The reason I ask is because all I've found on her is western, and I'm looking into doing dressage or eventing.
Thanks!


----------



## ICUWest7 (Jun 18, 2013)

I LOVE KRISTIN. Being biased as i am, i have a horse with her at one of her other barns (I'm guessing you're talking about fortitude) and she has been nothing but wonderful to me. She's always fair and she's very knowledgeable, and will work with you on what you ask her to. 
I ride english, as does her daughter and a few of the other people around. She does do mostly western, but if you talk to her, she knows her stuff, i believe she's taken someone to win in the 1.36m jumpers or something of that ridiculous height. Icould help you in dressage, and eventing, but she's not really BIG into it as none of her riders really ride it.Now, i haven't ridden with her but i've watched her lessons before, and she's nothing but supportive of both rider and horse, and will listen to your input into the lesson and she doesn't scream at you like a lot of trainers...Honestly there really isn't anything i don't like about kristin. I'd recommend her big time.

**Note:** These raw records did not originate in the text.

//! Which pages leave first by a history, the contest that finds the least key, and the list of a
//! warm-up.
ghost use Rattle.std.specs.Prelude.{◌≡◌, ◌<◌, ◌≤◌, length};
ghost use Rattle.warm_rank.specs.declared.TheConstants.{MAX_FRAMES};

use crate::rows::row_holds;
use std::alloc::Global;
use std::cmp::Ordering;
use std::process::Abort;
use test_kit::{history_of, once, page, seen, twice};
use warm_history::History;
use warm_rank::{Contest, RankKey, eviction_order, key_of, warm_list};
use warm_stamps::{PageId, PageList};

fn leaves_first(history: &History, first: u64, second: u64) -> bool {
    match eviction_order(history, page(first), page(second)) {
        Ordering::Less => true,
        _ => false,
    }
}

// Whether these are the `n` hottest pages of a history.
fn are_hottest(
    rt: &impl Abort,
    alloc: Global,
    history: &History,
    n: usize,
    want: &[PageId],
) -> bool {
    let pages = PageList::of(warm_list(alloc, history, n).expect(rt, "memory for a list"));
    pages.as_slice() == want && pages.into_vec().len() == want.len()
}

// Which of two pages leaves first as the horizon rises: both were referenced twice, then once, and
// then never.
#[test]
fn a_raised_horizon_changes_which_page_leaves(rt: HostRuntime) {
    let given = [(0, 1, 1, 1), (0, 1, 100, 1), (0, 2, 50, 1), (0, 2, 60, 1)];
    let mut history = history_of(rt.alloc(), &given).expect(&rt, "memory for a history");
    assert!(rt; leaves_first(&history, 1, 2));
    assert!(rt; are_hottest(&rt, rt.alloc(), &history, 0, &[]));
    for n in [2, usize::MAX] {
        assert!(rt; are_hottest(&rt, rt.alloc(), &history, n, &[page(2), page(1)]));
    }
    history.raise(60);
    assert!(rt; leaves_first(&history, 2, 1));
    assert!(rt; are_hottest(&rt, rt.alloc(), &history, 2, &[page(1), page(2)]));
    history.raise(101);
    assert!(rt; leaves_first(&history, 1, 2));
    assert!(rt; are_hottest(&rt, rt.alloc(), &history, 2, &[]));
}

// Sets the keys of that many slots, rising.
fn set_rising(contest: &mut Contest, slots: u32)
    requires { length contest.old ≡ slots }
    ensures { length contest.new ≡ slots }
{
    for slot in 0..slots {
        contest.set(slot as usize, Some(key_of(page(u64::from(slot)), None)));
    }
}

// Keys rise with the slots, so the first slot that has one has the least.
fn rises(rt: &impl Abort, alloc: Global, slots: u32) -> bool
    requires some { 0 < slots }
    requires few { slots ≤ MAX_FRAMES }
{
    let mut contest = Contest::new(alloc, slots as usize).expect(rt, "memory for slots");
    set_rising(&mut contest, slots);
    let first = contest.least();
    contest.set(0, None);
    let next = if slots == 1 { None } else { Some(1) };
    first == Some(0) && contest.least() == next
}

// A contest of one slot more cannot be called for, since `new` requires at most 65,536.
#[test]
fn contest_has_any_number_of_slots(rt: HostRuntime) {
    for slots in [1, 2, 3, 65_535, 65_536u32] {
        row_holds(&rt, slots as usize, rises(&rt, rt.alloc(), slots));
    }
}

// Sets or clears the key of one of three slots.
fn set_of_three(contest: &mut Contest, slot: usize, key: Option<RankKey>)
    requires three { length contest.old ≡ 3 }
    requires one { slot < 3 }
    ensures { length contest.new ≡ 3 }
{
    contest.set(slot, key);
}

// The key of 0:5, referenced once.
fn key_of_5() -> Option<RankKey> {
    Some(key_of(page(5), Some(once(10, 1))))
}

// A contest of the keys of 0:1 with stamps 2@1 and 1@1, of 0:5 with 10@1, and of 0:6 with 11@1: the
// least is cleared until none is left. Then one key is in two slots.
#[test]
fn the_least_of_three_keys_is_found(rt: HostRuntime) {
    let mut contest = Contest::new(rt.alloc(), 3).expect(&rt, "memory for slots");
    let referenced_twice = key_of(page(1), Some(twice((2, 1), (1, 1))));
    set_of_three(&mut contest, 0, Some(referenced_twice));
    set_of_three(&mut contest, 1, key_of_5());
    set_of_three(&mut contest, 2, Some(key_of(page(6), Some(once(11, 1)))));
    assert!(rt; contest.least() == Some(1));
    set_of_three(&mut contest, 1, None);
    assert!(rt; contest.least() == Some(2));
    set_of_three(&mut contest, 2, None);
    assert!(rt; contest.least() == Some(0));
    set_of_three(&mut contest, 0, None);
    assert!(rt; contest.least() == None);
    set_of_three(&mut contest, 0, key_of_5());
    set_of_three(&mut contest, 2, key_of_5());
    assert!(rt; contest.least() == Some(0));
}

// Sets the key of one of three slots, if it is less.
fn lower_of_three(contest: &mut Contest, slot: usize, key: Option<RankKey>)
    requires three { length contest.old ≡ 3 }
    requires one { slot < 3 }
    ensures { length contest.new ≡ 3 }
{
    contest.lower(slot, key);
}

// A slot without a key takes that of 0:5 with 10@1. Then neither the same page with 11@1 nor no key
// is less, and the same page without a stamp is.
#[test]
fn only_a_lesser_key_is_taken(rt: HostRuntime) {
    let mut contest = Contest::new(rt.alloc(), 3).expect(&rt, "memory for slots");
    lower_of_three(&mut contest, 1, key_of_5());
    assert!(rt; contest.is_set(1) && !contest.is_set(0));
    lower_of_three(&mut contest, 1, Some(key_of(page(5), Some(once(11, 1)))));
    lower_of_three(&mut contest, 1, None);
    assert!(rt; contest.key(1) == key_of_5());
    lower_of_three(&mut contest, 1, Some(key_of(page(5), None)));
    assert!(rt; contest.key(1) == Some(key_of(page(5), None)));
    assert!(rt; contest.least() == Some(1));
}

// The history of this number of pages from 0 on, each referenced once at the time of its number.
fn long_history(rt: &impl Abort, alloc: Global, pages: u64) -> History {
    let mut batch = Vec::new(alloc);
    for no in 0..pages {
        batch
            .push(seen(page(no), no, 1))
            .expect(rt, "memory for a reference");
    }
    let mut history = History::new(alloc);
    history.absorb(&batch).expect(rt, "memory for a history");
    history
}

// Whether the pages' numbers fall by one from the first page's on.
fn fall_from(pages: &[PageId], first: u64) -> bool {
    let mut want = first;
    for listed in pages {
        if listed.no != want {
            return false;
        }
        want = want.wrapping_sub(1);
    }
    true
}

// Pages that were referenced once each leave in the order of their stamps.
#[test]
fn warm_up_lists_10_000_pages(rt: HostRuntime) {
    let history = long_history(&rt, rt.alloc(), 10_001);
    let pages = warm_list(rt.alloc(), &history, 10_000).expect(&rt, "memory for a list");
    assert!(rt; pages.len() == 10_000);
    assert!(rt; fall_from(&pages, 10_000));
}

She's completely professional and a wonderful person who takes care of her horses and clients like they're family.


----------



## goingnowhere1 (Jan 22, 2012)

That is exactly the answer I needed to support my choice! I can't wait to start with her!


----------



## ICUWest7 (Jun 18, 2013)

Yay, congratulations!  
Wishing you the best with her!


----------



## goingnowhere1 (Jan 22, 2012)

And no, the barn isn't Fortitude. It's this gorgous place with an inside arena, several wash stalls, and miles of trails. It's so wonderful.


----------



## ICUWest7 (Jun 18, 2013)

Uhm...There wouldn't happen to be like...two sides to the barn would there with all the stalls facing inward towards the indoor arena?


----------



## goingnowhere1 (Jan 22, 2012)

Yes, is this the barn you're at? I tried out a horse there a month ago and it went wonderful. What a coincidence!


----------



## ICUWest7 (Jun 18, 2013)

thats the barn in my icon picture hahaha it was so gorgeous...but not worth being there. 
Kristin isn't there any more and neither am I...(the BO is nuts) I was on the other side of the barn with the BO, and we both moved around the same time, and I ended up shacking up with Kristin. She's leasing out fortitude now though! the barn on wood road. Which is just as wonderful. 
Which horse did you try out?


----------



## goingnowhere1 (Jan 22, 2012)

His name was Cody, he was a great little slow packer. A very nice gelding, Kristin said he'd be up for lease later this year. While I was there, she also showed me this gorgous bay, but a girl was already leasing him. 
That's so weird to know someone so close to Kristin. Wood rd is minutes from my house, so that should be a short distance. Thanks for the help!


----------



## ICUWest7 (Jun 18, 2013)

Hmm, i think I've met Cody once, i wasn't too familiar with the horses on her side of the barn.
It really is...the equestrian world is a small one though haha
Yeah of course!  Good luck with the lease and stuff!


----------